I am replacing a windows 2003 dns server with a bind9 dns.

DNS is running and working but still have 2 problems that I like to solve:

1. How can I automaticly generate PTR of DHCP clients. So basicly if a computer with hostname gentoo1 gets an ip from the dhcp server.

I would want to be able to ping gentoo1 without knowing his ip address. The windows dns is doing this but my bind9 isn't.

2. I did 2 test to see if my bind9 is working properly compared to my windows 2003 dns.

I basicly find 2 difference:

- The windows dns gives an awnser back (Whatever this is). How can I make my bind9 do the same (Or isn't this required)
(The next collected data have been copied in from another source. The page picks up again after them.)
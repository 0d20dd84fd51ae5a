//! Laws of replay. Each function's contract is the law; the functions do nothing but call the laws that theirs follow
//! from.
ghost use Rattle.journal_recovery.specs.Laws.{AnsweredAreTurns, AnsweredByParts, FrontsAreJournals, JournalLeadsBack, GoesOnAsOneServer};
ghost use Rattle.journal_recovery.specs.Laws.{JournalGrowsByExchange, JournalGrowsByTurn};
ghost use Rattle.journal_recovery.specs.Owners.{FirstStepsAreABeginning, NothingIsOneServersWork, OwnersAreOneServer};
ghost use Rattle.journal_recovery.specs.Owners.{PrefixesAreOfOneServer, PrefixesGoOn, PrefixesHavePublished};
ghost use Rattle.journal_recovery.specs.Owners.{PrefixesIncludeReplies};

use journal_entry::reads_the_request;
use journal_laws::laws as restarts;

/// Replaying entries in parts is replaying them, so that a long journal needn't be in memory as a whole.
pub fn replay_by_parts()
    ensures { AnsweredByParts }
{}

/// Entries that were replayed are turns of the room and of each desk, all successes, on their requests.
pub fn replayed_are_turns()
    ensures { AnsweredAreTurns }
{}

/// A new room and new desks that replayed the journal of what a server did have the drafts, publications and rows that
/// this had left, and know all that was published.
pub fn journal_leads_back()
    ensures { JournalLeadsBack }
{
    replayed_are_turns();
    restarts::room_is_recovered();
    restarts::desk_is_recovered();
}

/// What was answered before a restart, and what is done after the replay of its journal, are what one server did.
pub fn goes_on_as_one_server()
    ensures { GoesOnAsOneServer }
{
    journal_leads_back();
    restarts::is_one_server();
}

/// At an exchange of the author's room, what a server appends keeps its journal that of what it did: the exchange's
/// entry where it is persisted, nothing where it isn't.
pub fn journal_grows_by_exchange()
    ensures { JournalGrowsByExchange }
{
    reads_the_request();
}

/// The same at a turn of an operator's desk.
pub fn journal_grows_by_turn()
    ensures { JournalGrowsByTurn }
{
    reads_the_request();
}

/// Each prefix of a journal is the journal of a prefix of what was done, so that what was synced before a crash leaves
/// nothing out in between, and has nothing in part.
pub fn prefixes_are_journals()
    ensures { FrontsAreJournals }
{}

/// The beginning of what a server did from a room and desks on is what a server did: of one that was killed, or that
/// was overtaken by another owner of its journal. Where its desks answer only at what was published before, the first
/// of its steps are one.
pub fn prefixes_go_on()
    ensures published { PrefixesHavePublished }
    ensures beginnings { PrefixesGoOn }
    ensures steps { FirstStepsAreABeginning }
{}

/// Where a prefix of a server's entries has the records of all that it told, it is the journal of the first of what it
/// did, with all that it told.
pub fn prefixes_include_replies()
    ensures { PrefixesIncludeReplies }
{}

/// Each prefix of the entries of a journal of what one server did is the journal of what one server did. The turns that
/// are persisted are so at any publications.
pub fn prefixes_are_of_one_server()
    ensures { PrefixesAreOfOneServer }
{
    restarts::changes_stand_apart();
    restarts::desk_is_recovered();
}

/// What stands of servers that wrote a journal one after another, each started again from what stood of those before,
/// is what one server did, and their entries are its journal.
pub fn owners_are_one_server()
    ensures none { NothingIsOneServersWork }
    ensures owners { OwnersAreOneServer }
{}
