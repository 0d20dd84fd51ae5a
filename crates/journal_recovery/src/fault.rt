//! Why a replay failed.
use mds_snapshot::OpenFault;

/// Why an entry wasn't answered with success.
#[derive(Clone, Copy, Debug, PartialEq, Eq)]
pub enum Cause {
    /// Its operator isn't in the configuration.
    NoDesk,
    /// It was answered with this status: 503 where out of memory, another where the entry isn't one of this server.
    Refused(u16),
}

/// The first entry that wasn't answered with success.
#[derive(Clone, Copy, Debug, PartialEq, Eq)]
pub struct Fault {
    /// The entry's index among those that were to be replayed, counted from 0.
    pub entry: usize,
    pub cause: Cause,
}

/// Why a server isn't restarted.
#[derive(Clone, Copy, Debug, PartialEq, Eq)]
pub enum StartFault {
    /// Out of memory or of reader slots as the room and the desks were made.
    Opening(OpenFault),
    /// An entry wasn't answered with success.
    Stopped(Fault),
}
- The bind9 gives an authority back. What is this and why do I need it?

These are the results:

Windows:

```
; <<>> DiG 9.3.2 <<>> kvkov.be

;; global options:  printcmd

;; Got answer:

;; ->>HEADER<<- opcode: QUERY, status: NOERROR, id: 15305

;; flags: qr aa rd ra; QUERY: 1, ANSWER: 2, AUTHORITY: 0, ADDITIONAL: 0

;; QUESTION SECTION:

;kvkov.be.                      IN      A

;; ANSWER SECTION:

kvkov.be.               600     IN      A       10.101.1.2

kvkov.be.               600     IN      A       10.101.1.4

;; Query time: 1 msec

;; SERVER: 10.101.1.2#53(10.101.1.2)

;; WHEN: Mon Mar  5 11:15:56 2007

;; MSG SIZE  rcvd: 58

```

Bind9 linux

```
; <<>> DiG 9.3.2 <<>> kvkov.be

;; global options:  printcmd

;; Got answer:

;; ->>HEADER<<- opcode: QUERY, status: NOERROR, id: 3028

;; flags: qr aa rd ra; QUERY: 1, ANSWER: 0, AUTHORITY: 1, ADDITIONAL: 0

;; QUESTION SECTION:

;kvkov.be.                      IN      A

;; AUTHORITY SECTION:

kvkov.be.               86400   IN      SOA     testserver.kvkov.be. admin.kvkov.be. 1 10800 3600 604800 86400

;; Query time: 0 msec

;; SERVER: 10.101.1.8#53(10.101.1.8)

;; WHEN: Mon Mar  5 11:14:55 2007

;; MSG SIZE  rcvd: 79

```

Any help is very much appreciated.

----------

## ce110ut

look up generate keyword for bind.  This keyword is used on a config which lets you auto-generate ranges.  I do not remember the syntax.

----------

## Demonarch

 *belrpr wrote:*   

> 
> 
> I basicly find 2 difference:
> 
> - The windows dns gives an awnser back (Whatever this is). How can I make my bind9 do the same (Or isn't this required)
> ...

 

Umm. I'm not an expert on the subject but to me it seems your BIND is lacking a suitable A-record (kvkov.be), instead of that it gives the best thing it's got in its configuration which is the SOA-record for kvkov.be.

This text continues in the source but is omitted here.